Vamos então fazer as contas a sério: quanto custa realmente uma semana de ligação com um passe diário da operadora, num quiosque de SIM no aeroporto e com um eSIM de viagem pré-pago, mais as cinco definições que travam a fatura surpresa antes de ela aparecer.
Porque é que as faturas voltaram
Os viajantes britânicos passaram anos a tratar o roaming gratuito na UE como uma lei da natureza. Na verdade era um benefício da regra europeia Roam Like at Home e, depois do Brexit, as grandes redes voltaram a escrever taxas diárias nos contratos, sem alarido. Neste verão a reintrodução ficou completa: as quatro principais redes do Reino Unido cobram agora pelo roaming na UE, tipicamente £2,25 a £3 por dia.
A regulação está a avançar na direção certa, só não a tempo da sua viagem. A 4 de junho de 2026, o Conselho da UE abriu negociações para alargar o Roam Like at Home aos Balcãs Ocidentais, com a eliminação total das taxas de roaming nessa região prevista para cerca de 2028. Boas notícias para quem tem um SIM da UE, daqui a uns anos. Não faz nada por um londrino em Lisboa nem por um nova-iorquino em Roma já este agosto.
Entretanto, os viajantes votam com o menu de definições. Os dados de julho de 2026 da Opensignal mostram que os eSIM de viagem já são usados em 41% das viagens internacionais na América do Norte. O mercado reparou nas contas. Aqui ficam elas.
Opção 1: o passe diário da operadora
O argumento é a comodidade: aterra, não faz nada, o telemóvel funciona como em casa.

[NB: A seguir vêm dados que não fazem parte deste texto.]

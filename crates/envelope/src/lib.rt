// The envelope generator: the level of one voice over time. Here are its rates, and how far and how often each moves the level.
#![tactic(auto)]

ghost use Rattle.std.specs.Prelude.{◌≡◌, cond, false, ◌-◌, ◌^◌, ◌<◌, pos};
ghost use Rattle.fixed.specs.Range.{In};
ghost use Rattle.envelope.specs.Adsr.{rise, fall, rate_of, cycles_of, step_of, clamped, active};

// The first variant is the one of a fresh voice.
#[derive(Clone, Copy)]
pub enum Phase {
    Idle,
    Attack,
    Decay,
    Sustain,
    Release,
    Off,
}

#[derive(Clone, Copy)]
pub struct Envelope {
    pub phase: Phase,
    pub level: u16,
    pub wait: u32,
}

// How the level moves in a phase.
#[derive(Clone, Copy)]
pub struct Rate {
    pub shift: u32,
    pub value: i32,
    pub exponential: bool,
    pub falling: bool,
}

// Of a phase without steps.
const NO_STEPS: Rate = Rate {
    shift: 0,
    value: 0,
    exponential: false,
    falling: false,
};

// The value of step n, for a rise and for a fall.
fn value(n: u16, falling: bool) -> i32
    requires { n < 4 }
    ensures { result ≡ cond falling (fall n) (rise n) }
{
    if falling {
        n as i32 - 8
    } else {
        (7 - n) as i32
    }
}

// The rate of a phase with steps.
fn with_steps(shift: u16, n: u16, exponential: bool, falling: bool) -> Rate
    requires { n < 4 }
    ensures { result ≡ record { shift = shift; value = cond falling (fall n) (rise n); exponential = exponential; falling = falling } }
{
    Rate {
        shift: shift as u32,
        value: value(n, falling),
        exponential,
        falling,
    }
}

impl Phase {
    // Whether the phase has steps.
    pub fn is_active(self) -> bool
        ensures { result ≡ active self }
    {
        matches!(
            self,
            Phase::Attack | Phase::Decay | Phase::Sustain | Phase::Release
        )
    }

    // Its rate, out of the two ADSR halfwords. They come as two numbers, as the definitions have them, and callers read them from two places.
    pub fn rate(self, low: u16, high: u16) -> Rate
        ensures { result ≡ rate_of self low high }
    {
        match self {
            Phase::Idle | Phase::Off => NO_STEPS,
            Phase::Attack => with_steps(
                low / 0x400 % 32,
                low / 0x100 % 4,
                low / 0x8000 % 2 == 1,
                false,
            ),
            Phase::Decay => with_steps(low / 0x10 % 16, 0, true, true),
            Phase::Sustain => with_steps(
                high / 0x100 % 32,
                high / 0x40 % 4,
                high / 0x8000 % 2 == 1,
                high / 0x4000 % 2 == 1,
            ),
            Phase::Release => with_steps(high % 32, 0, high / 0x20 % 2 == 1, true),
        }
    }
}

// 2 to the power of a - b, and 1 where b is above a.
fn power(a: u32, b: u32) -> u32
    requires { a < 32 }
    ensures { result ≡ 2 ^ (a - b) }
{
    1 << a.saturating_sub(b)
}

impl Rate {
    // The ticks from one step to the next.
    pub fn cycles(self, level: u16) -> u32
        requires { self.shift < 32 }
        ensures { result ≡ cycles_of self level }
    {
        let n = power(self.shift, 11);
        if self.exponential & (!self.falling & (0x6000 < level)) {
            n * 4
        } else {
            n
        }
    }

    // How far a step moves the level. The shift rounds down, as the paper asks; a division would not.
    pub fn step(self, level: u16) -> i32
        requires { In 8 7 self.value }
        ensures { result ≡ step_of self level }
    {
        let full = self.value * (power(11, self.shift) as i32);
        if self.exponential & self.falling {
            (full * (level as i32)) >> 15
        } else {
            full
        }
    }
}

// A level, held to 0..7FFFh.
pub fn clamp(x: i32) -> u16
    ensures { result ≡ clamped x }
{
    x.clamp(0, 0x7FFF) as u16
}
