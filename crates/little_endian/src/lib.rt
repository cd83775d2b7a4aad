// Numbers in bytes, the least significant byte first.
#![tactic(auto)]

mod numbers; // numbers.rt: a number read from bytes, and stored in them

pub use numbers::{number, store};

É nas contas que dói.
- Um viajante dos EUA paga 10 a 12 dólares por dia. Uma semana em Portugal: $70 a $84. Duas semanas: $140 a $168. Uma família de quatro pessoas com quatro linhas no mesmo plano? Cada linha paga o seu próprio passe. Duas semanas para quatro telemóveis podem passar dos 500 dólares antes de alguém ter pedido um pastel de nata.
- Um viajante do Reino Unido safa-se melhor, com £2,25 a £3 por dia, mas mesmo assim acumula: um casal numa viagem de duas semanas paga £63 a £84 por dados que antes tinha de graça.
O problema mais grave é como o passe é ativado. A maioria dispara automaticamente ao primeiro byte de dados no estrangeiro, e os telemóveis gastam bytes sem parar: cópias de segurança de fotos, atualizações de apps, uma espreitadela ao email na fila do controlo de passaportes. Há quem chegue a casa com cobranças de dias em que mal tocou no telemóvel. Se ficar com o passe diário, ao menos falha pelo seguro: sem fila no quiosque, sem configuração, e o seu número continua a funcionar para chamadas. Para uma escapadinha de 48 horas, essa comodidade pode valer a pena. Para uma semana ou mais, está a pagar preço de subscrição por um produto banal.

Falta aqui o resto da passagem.